Example 4: London workshop - Social Media and the making of place:
The group examined the ways in which people use Instagram/twitter to represent themselves in and in front of buildings. The main questions were: What types of filters are used (and what filters are provided by the particular technology?). What kind of sensory atmosphere is displayed through social media? What are important buildings in social media? How are emotional connections to places represented through people’s photographs? The approach provides a visual-emotional account of a site.
> Links to talks/literature:
Here are different examples of how your training influences and shapes your sensing:
Raymond Lucas (Senior Lecturer in Architecture and Head of School of Architecture, Manchester University)
Sensory Notations
Introduction by Dr Monica Degen and Dr Astrid Swenson
iii. Cross-professionality:
Linked to interdisciplinarity is the theme of cross-professionality. Our network benefited greatly from the interaction between different urban professionals and academic disciplines as we started to understand not just different approaches on how to represent, curate or research the senses but more importantly the constraints and frameworks that urban professional have to work with. In particular for academic sensory research to be applicable in urban planning, museum curation or urban branding, it is useful to reflect how the research can be operationalised for direct, practical uses.
> Methods:
An example of how cross-professionality can be useful has been the research a group of museum curators, sound artist and sociologist conducted to explore the soundscapes of el Raval. This group recorded sounds in different areas of el Raval focusing on thresholds to analyse how power-relations might be framed within ephemeral moments of public life.

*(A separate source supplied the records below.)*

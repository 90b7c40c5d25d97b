// Lists of entries by rising key.
ghost use Rattle.std.specs.Prelude.{◌≡◌, IfOk, IfSome};
ghost use Rattle.std.specs.List.{All};
ghost use Rattle.ff_elem.specs.Key.{key_cmp};
ghost use Rattle.ff_data.specs.Lists.{IsEntry, pair_key};
ghost use Rattle.ff_data.specs.Pairs.{IsPair};
ghost use Rattle.ff_list.specs.Lists.{IsTrueList};
ghost use Rattle.ff_list.specs.Searches.{BelongsAt};

use ff_alg::{FiniteField, NoMemory};
use ff_data::{Entry, Pair};
use ff_elem::Alg;
use std::cmp::Ordering;

/// The order of the keys of two pairs.
fn compare<K: FiniteField<E = u32>>(alg: &Alg<K>, a: &Pair, b: &Pair) -> Ordering
    requires a { IsPair (K.lawful alg.now.k) alg.now.f a.now }
    requires b { IsPair (K.lawful alg.now.k) alg.now.f b.now }
    ensures { let F = K.elements alg.now.k in
        result ≡ key_cmp (pair_key F a.now) (pair_key F b.now) }
{
    let order = alg.compare(&a.x, &b.x);
    if order.is_ne() {
        return order;
    }
    alg.compare(&a.y, &b.y)
}

/// The index at which a pair belongs in a list by rising key; None where the list has it.
fn index_of<K: FiniteField<E = u32>>(alg: &Alg<K>, list: &[Entry], pair: &Pair) -> Option<usize>
    requires list { All (λ e. IsPair (K.lawful alg.now.k) alg.now.f e.pair) list.now }
    requires pair { IsPair (K.lawful alg.now.k) alg.now.f pair.now }
    ensures { IfSome result (BelongsAt (K.elements alg.now.k) list.now pair.now) }
{
    let mut low = 0;
    let mut high = list.len();
    while low < high {
        let middle = low + (high - low) / 2;
        match compare(alg, &list[middle].pair, pair) {
            Ordering::Less => low = middle + 1,
            Ordering::Equal => return None,
            Ordering::Greater => high = middle,
        }
    }
    Some(low)
}

/// Adds an entry at its place.
fn insert_at<K: FiniteField<E = u32>>(
    alg1: &Alg<K>,
    alg2: &Alg<K>,
    list: &mut Vec<Entry>,
    i: usize,
    entry: Entry,
) -> Result<(), NoMemory>
    requires list { IsTrueList (K.lawful alg2.now.k) alg1.now.f alg2.now.f list.old.items }
    requires entry { IsEntry (K.lawful alg2.now.k) alg1.now.f alg2.now.f entry }
    requires place { BelongsAt (K.elements alg2.now.k) list.old.items entry.pair i }
    ensures { let L = K.lawful alg2.now.k in
        IfOk result (λ _. IsTrueList L alg1.now.f alg2.now.f list.new.items) }
{
    let (_first, _second) = (alg1, alg2);
    list.insert(i, entry)?;
    Ok(())
}

/// Adds an entry at its place, unless the list has its pair.
pub fn insert<K: FiniteField<E = u32>>(
    alg1: &Alg<K>,
    alg2: &Alg<K>,
    list: &mut Vec<Entry>,
    entry: Entry,
) -> Result<(), NoMemory>
    requires list { IsTrueList (K.lawful alg2.now.k) alg1.now.f alg2.now.f list.old.items }
    requires entry { IsEntry (K.lawful alg2.now.k) alg1.now.f alg2.now.f entry }
    ensures { let L = K.lawful alg2.now.k in
        IfOk result (λ _. IsTrueList L alg1.now.f alg2.now.f list.new.items) }
{
    match index_of(alg2, list, &entry.pair) {
        Some(i) => insert_at(alg1, alg2, list, i, entry),
        None => {
            drop(entry);
            Ok(())
        },
    }
}
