// Whether s(X, Y) is v.
fn takes<K: FiniteField<E = u32>>(
    alloc: Global,
    alg: &Alg<K>,
    at: &PowerList,
    s: &Elem,
    pair: &Pair,
    v: &Elem,
) -> Result<bool, NoMemory>
    requires at { let L = K.lawful alg.now.k in let f = alg.now.f in
        ArePowers L f (elem_of L f pair.now.x) at.now }
    requires pair { IsPair (K.lawful alg.now.k) alg.now.f pair.now }
    requires den { IsPoly (K.elements alg.now.k) s.now.den }
    requires num { ArePolys (K.elements alg.now.k) s.now.num }
    requires v { IsElem (K.lawful alg.now.k) alg.now.f v.now }
    ensures { let L = K.lawful alg.now.k in let f = alg.now.f in
        IfOk result (λ r. IsTrue r ↔ ValueIs L f s.now pair.now (elem_of L f v.now)) }
{
    let den = value_of_poly(alloc, alg, at, &s.den)?;
    takes_over(alloc, alg, at, s, pair, v, &den)
}

// Whether s(X, Y) is x.
fn takes_x<K: FiniteField<E = u32>>(
    alloc: Global,
    alg: &Alg<K>,
    at: &PowerList,
    s: &Elem,
    pair: &Pair,
) -> Result<bool, NoMemory>
    requires at { let L = K.lawful alg.now.k in let f = alg.now.f in
        ArePowers L f (elem_of L f pair.now.x) at.now }
    requires pair { IsPair (K.lawful alg.now.k) alg.now.f pair.now }
    requires s { ArePartsPolys (K.elements alg.now.k) s.now }
    ensures { let L = K.lawful alg.now.k in let f = alg.now.f in
        IfOk result (λ r. IsTrue r ↔ ValueIs L f s.now pair.now (x_in L f)) }
{
    let x = alg.x(alloc)?;
    takes(alloc, alg, at, s, pair, &x)
}

// Whether s(X, Y) is y.
fn takes_y<K: FiniteField<E = u32>>(
    alloc: Global,
    alg: &Alg<K>,
    at: &PowerList,
    s: &Elem,
    pair: &Pair,
) -> Result<bool, NoMemory>
    requires at { let L = K.lawful alg.now.k in let f = alg.now.f in
        ArePowers L f (elem_of L f pair.now.x) at.now }
    requires pair { IsPair (K.lawful alg.now.k) alg.now.f pair.now }
    requires s { ArePartsPolys (K.elements alg.now.k) s.now }
    ensures { let L = K.lawful alg.now.k in let f = alg.now.f in
        IfOk result (λ r. IsTrue r ↔ ValueIs L f s.now pair.now (y_in L f)) }
{
    let y = alg.y(alloc)?;
    takes(alloc, alg, at, s, pair, &y)
}

// Whether (U, V) undoes (X, Y): X(U, V) is x and Y(U, V) is y.
fn undoes<K: FiniteField<E = u32>>(
    alloc: Global,
    alg: &Alg<K>,
    at: &PowerList,
    pair: &Pair,
    back: &Pair,
) -> Result<bool, NoMemory>
    requires at { let L = K.lawful alg.now.k in let f = alg.now.f in
        ArePowers L f (elem_of L f back.now.x) at.now }
    requires back { IsPair (K.lawful alg.now.k) alg.now.f back.now }
    requires pair { ArePairPolys (K.elements alg.now.k) pair.now }
    ensures { let L = K.lawful alg.now.k in
        IfOk result (λ r. IsTrue r ↔ Undoes L alg.now.f pair.now back.now) }
{
    let undone = takes_x(alloc, alg, at, &pair.x, back)?;
    if !undone {
        return Ok(false);
    }
    takes_y(alloc, alg, at, &pair.y, back)
}

// Whether the pair satisfies f.
fn is_zero_at<K: FiniteField<E = u32>>(
    alloc: Global,
    alg: &Alg<K>,
    at: &PowerList,
    f: &Plane,
    pair: &Pair,
) -> Result<bool, NoMemory>
    requires at { let L = K.lawful alg.now.k in let f = alg.now.f in
        ArePowers L f (elem_of L f pair.now.x) at.now }
    requires f { IsPlane (K.elements alg.now.k) f.now }
    requires pair { IsPair (K.lawful alg.now.k) alg.now.f pair.now }
    ensures { let L = K.lawful alg.now.k in
        IfOk result (λ r. IsTrue r ↔ Satisfies L f.now alg.now.f pair.now) }
{
    let value = value_of_rows(alloc, alg, at, pair, f.rows())?;
    let zero = alg.zero(alloc)?;
    Ok(alg.same(&value, &zero))
}

// The like with no powers at hand.
pub fn is_zero<K: FiniteField<E = u32>>(
    alloc: Global,
    alg: &Alg<K>,
    f: &Plane,
    pair: &Pair,
) -> Result<bool, NoMemory>
    requires f { IsPlane (K.elements alg.now.k) f.now }
    requires pair { IsPair (K.lawful alg.now.k) alg.now.f pair.now }
    ensures { let L = K.lawful alg.now.k in
        IfOk result (λ r. IsTrue r ↔ Satisfies L f.now alg.now.f pair.now) }
{
    let at = power_list(alloc, alg, &pair.x, plane_count(f))?;
    is_zero_at(alloc, alg, &at, f, pair)
}

// Whether the pair, the powers of X at hand, satisfies f and `back` gives x and y at it.
fn inverts_at<K: FiniteField<E = u32>>(
    alloc: Global,
    alg: &Alg<K>,
    at: &PowerList,
    f: &Plane,
    pair: &Pair,
    back: &Pair,
) -> Result<bool, NoMemory>
    requires at { let L = K.lawful alg.now.k in let f = alg.now.f in
        ArePowers L f (elem_of L f pair.now.x) at.now }
    requires f { IsPlane (K.elements alg.now.k) f.now }
    requires pair { IsPair (K.lawful alg.now.k) alg.now.f pair.now }
    requires back { ArePairPolys (K.elements alg.now.k) back.now }
    ensures { let L = K.lawful alg.now.k in
        IfOk result (λ r. IsTrue r ↔ IsOneSided L f.now alg.now.f pair.now back.now) }
{
    let zero = is_zero_at(alloc, alg, at, f, pair)?;
    if !zero {
        return Ok(false);
    }
    undoes(alloc, alg, at, back, pair)
}

// Whether the pair satisfies f and `back` gives x and y at it.
pub fn inverts<K: FiniteField<E = u32>>(
    alloc: Global,
    alg: &Alg<K>,
    f: &Plane,
    pair: &Pair,
    back: &Pair,
) -> Result<bool, NoMemory>
    requires f { IsPlane (K.elements alg.now.k) f.now }
    requires pair { IsPair (K.lawful alg.now.k) alg.now.f pair.now }
    requires back { ArePairPolys (K.elements alg.now.k) back.now }
    ensures { let L = K.lawful alg.now.k in
        IfOk result (λ r. IsTrue r ↔ IsOneSided L f.now alg.now.f pair.now back.now) }
{
    let at = power_list(alloc, alg, &pair.x, pair_count(f, back))?;
    inverts_at(alloc, alg, &at, f, pair, back)
}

Physical thresholds implied dramatic changes in soundscape, switching from noisy to quiet environments (lo-fi vs. hi-fi), allowing us to appreciate sounds and acoustics of different spaces; crossing thresholds also conveyed differences in light, temperature and tactile experiences. The concept of thresholds allowed us to investigate the interfaces of public spaces as articulated by streets, courtyards, squares and alleyways. It offered us the opportunity to heighten our awareness of the different qualities of public space embodied in sensorial experience.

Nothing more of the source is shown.